I would like to solve the following optimization problem: \begin{array}{ll} \text{maximize} & 52 - 4(x-1)^{2/3} - x^2 \\ \text{subject to}& x\ge 0 \\ &x \le 11 \end{array}
I know that the answer is $x=1$, a point in which the derivative of the function is not defined.
How could I find that using traditional Lagrangean multipliers? This is how I started:
$$L(x,\lambda_{1}, \lambda_{2}) = 52 - 4(x-1)^{2/3} - x^2 + \lambda_{1}x+\lambda_{2}(11-x)$$
Which yields the following first order conditions:
\begin{align} -\frac83(x-1)^{-1/3} - 2x + \lambda_{1} - \lambda_{2} = 0 \\ \lambda_{1}x=0 \\ \lambda_{2}(11-x)=0 \\ x \ge 0, x \le 11 \\ \lambda_{1} \ge 0, \lambda_{2} \ge 0 \end{align}
After some calculations I found out that $\lambda_{1}$ has to be $0$. However, if $\lambda_{1} =0$, then $\lambda_{2} = 0$. This leads to:
$$ -\frac83(x-1)^{-1/3} - 2x =0$$
Which has no solution.
What am I missing here?
The short answer is this: people often forget that critical numbers aren't only where the derivative is equal to $0$, but they are also where the derivative is undefined.
The process I advise people to take is this:
1) Are you constrained by intervals? If so, include any interval endpoints as critical numbers.
2) Are you able to find the derivative of your given function? If so, find where the derivative is equal to $0$, and also, if applicable, find where your derivative is undefined.

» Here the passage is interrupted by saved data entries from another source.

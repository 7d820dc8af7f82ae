//! What holds of each book of credentials, whatever it finds its replies by.

ghost use Rattle.std.specs.Prelude.{ℕ, List};
ghost use Rattle.auth_events.specs.Book.{IsLegal};
ghost use Rattle.auth_events.specs.Told.{journal};
ghost use Rattle.isolation.specs.Partitions.{alone_in};

use auth_events::Controller;

/// What each partition has alone of a book's journal is legal by itself, under the book's
/// roster and names.
pub fn journal_is_alone_in_each_partition<B: Controller>(book: &B)
    ensures { (partition : List ℕ)
        → IsLegal (B.roster book.now) (B.names book.now)
        (alone_in (B.roster book.now) partition (journal (B.told book.now))) }
{}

The set of $x$-values that are gathered from steps 1) and 2) above are your critical numbers.
In this situation, we see that $0$, $11$ are critical numbers immediately, and since the derivative is undefined at $x = 1$, $1$ is also a critical number. Thus, all three of these numbers should be tested. You should input these values into the objective function and compare their outputs directly.
Note that IF the $x$-value $x_0$ is the location of a local extrema AND a function $f$ is differentiable at $x_0$, it is the case that $f^{\prime}(x_0) = 0$. But this DOES NOT mean that if $f^{\prime}(x_0) = 0 \implies $ there is an extrema at $x_0$. Take $f(x) = x^3$ for example.